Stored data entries

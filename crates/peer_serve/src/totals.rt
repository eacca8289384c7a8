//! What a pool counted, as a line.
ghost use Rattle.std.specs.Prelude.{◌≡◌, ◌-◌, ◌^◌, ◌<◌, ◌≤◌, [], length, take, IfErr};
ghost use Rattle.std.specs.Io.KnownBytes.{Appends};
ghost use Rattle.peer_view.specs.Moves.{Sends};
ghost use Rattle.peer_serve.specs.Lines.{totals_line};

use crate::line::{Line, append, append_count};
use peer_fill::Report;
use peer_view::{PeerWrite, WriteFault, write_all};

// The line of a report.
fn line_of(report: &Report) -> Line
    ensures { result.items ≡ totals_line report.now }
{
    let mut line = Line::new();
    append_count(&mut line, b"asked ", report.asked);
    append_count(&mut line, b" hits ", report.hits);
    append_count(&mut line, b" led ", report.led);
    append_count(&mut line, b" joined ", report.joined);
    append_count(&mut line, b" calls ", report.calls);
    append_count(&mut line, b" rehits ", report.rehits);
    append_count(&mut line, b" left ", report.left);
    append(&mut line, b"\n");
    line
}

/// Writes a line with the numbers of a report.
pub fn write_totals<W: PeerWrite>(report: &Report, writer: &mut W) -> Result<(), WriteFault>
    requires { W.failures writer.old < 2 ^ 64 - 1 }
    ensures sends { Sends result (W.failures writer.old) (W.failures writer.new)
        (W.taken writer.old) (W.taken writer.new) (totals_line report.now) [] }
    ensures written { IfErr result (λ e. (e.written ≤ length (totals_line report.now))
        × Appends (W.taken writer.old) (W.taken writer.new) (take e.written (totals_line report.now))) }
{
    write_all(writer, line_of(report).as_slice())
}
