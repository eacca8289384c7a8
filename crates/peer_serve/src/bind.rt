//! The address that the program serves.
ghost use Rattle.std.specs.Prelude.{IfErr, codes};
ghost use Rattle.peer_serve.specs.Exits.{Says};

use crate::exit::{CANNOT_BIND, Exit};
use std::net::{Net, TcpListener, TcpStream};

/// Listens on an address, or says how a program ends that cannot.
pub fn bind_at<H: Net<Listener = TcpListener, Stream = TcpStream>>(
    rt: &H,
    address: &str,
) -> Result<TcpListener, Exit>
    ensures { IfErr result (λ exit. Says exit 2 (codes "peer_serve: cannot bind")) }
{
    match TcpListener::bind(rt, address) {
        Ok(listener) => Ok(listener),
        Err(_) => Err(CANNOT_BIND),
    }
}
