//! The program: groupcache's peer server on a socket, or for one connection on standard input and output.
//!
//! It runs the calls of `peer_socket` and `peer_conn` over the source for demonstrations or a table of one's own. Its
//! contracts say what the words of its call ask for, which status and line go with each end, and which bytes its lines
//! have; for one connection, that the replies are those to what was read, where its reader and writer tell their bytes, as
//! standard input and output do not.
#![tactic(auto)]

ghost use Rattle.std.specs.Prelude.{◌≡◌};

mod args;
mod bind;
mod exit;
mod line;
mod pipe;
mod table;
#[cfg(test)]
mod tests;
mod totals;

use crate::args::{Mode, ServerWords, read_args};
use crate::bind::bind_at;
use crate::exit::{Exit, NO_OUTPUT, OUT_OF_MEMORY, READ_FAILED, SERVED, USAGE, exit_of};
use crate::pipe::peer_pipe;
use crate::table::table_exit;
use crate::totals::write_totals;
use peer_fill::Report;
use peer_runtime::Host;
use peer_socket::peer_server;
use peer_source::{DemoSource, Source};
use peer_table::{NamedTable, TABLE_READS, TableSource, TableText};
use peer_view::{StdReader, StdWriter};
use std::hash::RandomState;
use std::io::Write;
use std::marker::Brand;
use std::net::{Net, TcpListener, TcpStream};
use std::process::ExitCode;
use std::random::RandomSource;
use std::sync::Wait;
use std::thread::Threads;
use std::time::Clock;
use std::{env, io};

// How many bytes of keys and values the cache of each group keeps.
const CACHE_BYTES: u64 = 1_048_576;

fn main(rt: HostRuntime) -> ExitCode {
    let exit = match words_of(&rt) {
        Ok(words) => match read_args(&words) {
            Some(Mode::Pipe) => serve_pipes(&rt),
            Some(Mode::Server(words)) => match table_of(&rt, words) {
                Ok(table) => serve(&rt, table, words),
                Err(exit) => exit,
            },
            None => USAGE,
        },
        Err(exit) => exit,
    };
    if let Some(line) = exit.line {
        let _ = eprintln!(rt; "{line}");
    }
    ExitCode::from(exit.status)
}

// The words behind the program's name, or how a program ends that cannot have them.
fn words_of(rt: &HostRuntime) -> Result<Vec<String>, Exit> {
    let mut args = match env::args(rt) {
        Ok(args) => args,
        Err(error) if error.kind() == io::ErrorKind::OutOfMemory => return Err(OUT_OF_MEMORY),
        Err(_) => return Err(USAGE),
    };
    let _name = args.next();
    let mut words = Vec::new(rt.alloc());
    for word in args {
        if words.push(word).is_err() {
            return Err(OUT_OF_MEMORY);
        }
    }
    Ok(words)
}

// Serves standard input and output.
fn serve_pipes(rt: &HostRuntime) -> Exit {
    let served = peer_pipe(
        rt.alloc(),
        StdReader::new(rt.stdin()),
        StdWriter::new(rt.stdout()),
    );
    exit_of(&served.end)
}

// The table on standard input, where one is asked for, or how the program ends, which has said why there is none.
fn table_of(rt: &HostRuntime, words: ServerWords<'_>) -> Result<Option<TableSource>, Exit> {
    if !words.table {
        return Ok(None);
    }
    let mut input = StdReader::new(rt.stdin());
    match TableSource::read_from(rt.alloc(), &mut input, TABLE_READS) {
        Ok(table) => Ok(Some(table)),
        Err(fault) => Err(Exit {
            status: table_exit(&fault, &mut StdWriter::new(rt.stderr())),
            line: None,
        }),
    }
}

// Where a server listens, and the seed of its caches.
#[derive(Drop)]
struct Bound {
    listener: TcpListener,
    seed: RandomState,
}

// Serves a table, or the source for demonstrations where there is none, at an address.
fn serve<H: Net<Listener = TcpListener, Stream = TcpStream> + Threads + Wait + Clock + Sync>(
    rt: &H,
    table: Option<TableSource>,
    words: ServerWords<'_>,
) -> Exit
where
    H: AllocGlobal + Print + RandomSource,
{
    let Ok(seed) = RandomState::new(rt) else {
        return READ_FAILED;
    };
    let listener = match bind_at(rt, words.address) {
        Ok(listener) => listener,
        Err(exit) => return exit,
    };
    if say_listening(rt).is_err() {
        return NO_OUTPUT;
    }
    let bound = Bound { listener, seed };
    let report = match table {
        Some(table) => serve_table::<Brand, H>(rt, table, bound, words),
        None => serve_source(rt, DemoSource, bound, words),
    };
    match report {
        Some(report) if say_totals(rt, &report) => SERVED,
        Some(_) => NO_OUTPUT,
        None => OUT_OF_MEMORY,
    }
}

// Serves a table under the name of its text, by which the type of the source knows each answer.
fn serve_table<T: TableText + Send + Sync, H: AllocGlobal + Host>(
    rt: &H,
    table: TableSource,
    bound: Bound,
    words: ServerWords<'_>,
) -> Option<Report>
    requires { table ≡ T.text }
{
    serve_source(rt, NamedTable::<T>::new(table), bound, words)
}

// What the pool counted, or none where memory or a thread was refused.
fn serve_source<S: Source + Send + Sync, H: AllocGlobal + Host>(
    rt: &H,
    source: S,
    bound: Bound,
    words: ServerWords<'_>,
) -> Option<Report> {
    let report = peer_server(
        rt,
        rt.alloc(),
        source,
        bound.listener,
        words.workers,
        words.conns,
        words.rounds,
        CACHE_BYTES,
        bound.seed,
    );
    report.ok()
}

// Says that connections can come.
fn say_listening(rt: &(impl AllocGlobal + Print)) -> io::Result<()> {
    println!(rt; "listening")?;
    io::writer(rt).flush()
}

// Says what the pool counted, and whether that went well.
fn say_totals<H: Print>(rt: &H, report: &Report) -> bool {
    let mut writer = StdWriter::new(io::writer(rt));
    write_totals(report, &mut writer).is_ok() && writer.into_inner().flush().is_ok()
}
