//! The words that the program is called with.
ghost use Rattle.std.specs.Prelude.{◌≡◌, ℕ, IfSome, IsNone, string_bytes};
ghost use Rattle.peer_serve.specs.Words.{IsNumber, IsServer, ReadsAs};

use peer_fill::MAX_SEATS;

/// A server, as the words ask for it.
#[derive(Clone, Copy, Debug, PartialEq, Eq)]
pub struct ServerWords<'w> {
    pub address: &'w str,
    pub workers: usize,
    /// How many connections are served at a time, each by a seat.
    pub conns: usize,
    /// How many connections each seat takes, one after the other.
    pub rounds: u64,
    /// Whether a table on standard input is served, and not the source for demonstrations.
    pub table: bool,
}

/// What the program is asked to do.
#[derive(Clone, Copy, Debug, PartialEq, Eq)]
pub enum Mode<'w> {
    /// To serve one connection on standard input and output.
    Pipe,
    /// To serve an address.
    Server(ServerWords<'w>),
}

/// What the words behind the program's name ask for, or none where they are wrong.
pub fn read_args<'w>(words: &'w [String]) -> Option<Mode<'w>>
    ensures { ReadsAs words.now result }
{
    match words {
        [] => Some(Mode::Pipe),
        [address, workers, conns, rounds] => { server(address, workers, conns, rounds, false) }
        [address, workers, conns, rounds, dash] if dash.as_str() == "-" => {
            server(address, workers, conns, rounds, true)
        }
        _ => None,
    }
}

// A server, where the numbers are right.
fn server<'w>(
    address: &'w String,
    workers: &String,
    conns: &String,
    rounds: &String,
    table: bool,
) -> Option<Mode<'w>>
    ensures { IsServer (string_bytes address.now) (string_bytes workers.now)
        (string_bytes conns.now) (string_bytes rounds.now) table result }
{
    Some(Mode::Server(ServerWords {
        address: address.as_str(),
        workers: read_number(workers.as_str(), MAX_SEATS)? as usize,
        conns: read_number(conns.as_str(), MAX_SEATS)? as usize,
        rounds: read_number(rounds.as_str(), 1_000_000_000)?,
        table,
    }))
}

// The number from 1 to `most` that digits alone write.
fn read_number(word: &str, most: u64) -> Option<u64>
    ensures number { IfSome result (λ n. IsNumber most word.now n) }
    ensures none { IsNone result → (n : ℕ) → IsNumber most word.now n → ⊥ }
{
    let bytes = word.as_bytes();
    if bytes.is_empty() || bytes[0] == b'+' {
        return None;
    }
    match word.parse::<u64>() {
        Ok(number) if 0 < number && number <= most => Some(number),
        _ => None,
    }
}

**PROBLEM STATEMENT:**
Repeat the entries above exactly, from the first line through the line containing "fn line_of(report: &Report) -> Line".

**EXERCISE SOLUTION:**
filename crates/peer_serve/src/totals.rt
repository eacca8289384c7a8
//! What a pool counted, as a line.
ghost use Rattle.std.specs.Prelude.{◌≡◌, ◌-◌, ◌^◌, ◌<◌, ◌≤◌, [], length, take, IfErr};
ghost use Rattle.std.specs.Io.KnownBytes.{Appends};
ghost use Rattle.peer_view.specs.Moves.{Sends};
ghost use Rattle.peer_serve.specs.Lines.{totals_line};

use crate::line::{Line, append, append_count};
use peer_fill::Report;
use peer_view::{PeerWrite, WriteFault, write_all};

// The line of a report.
fn line_of(report: &Report) -> Line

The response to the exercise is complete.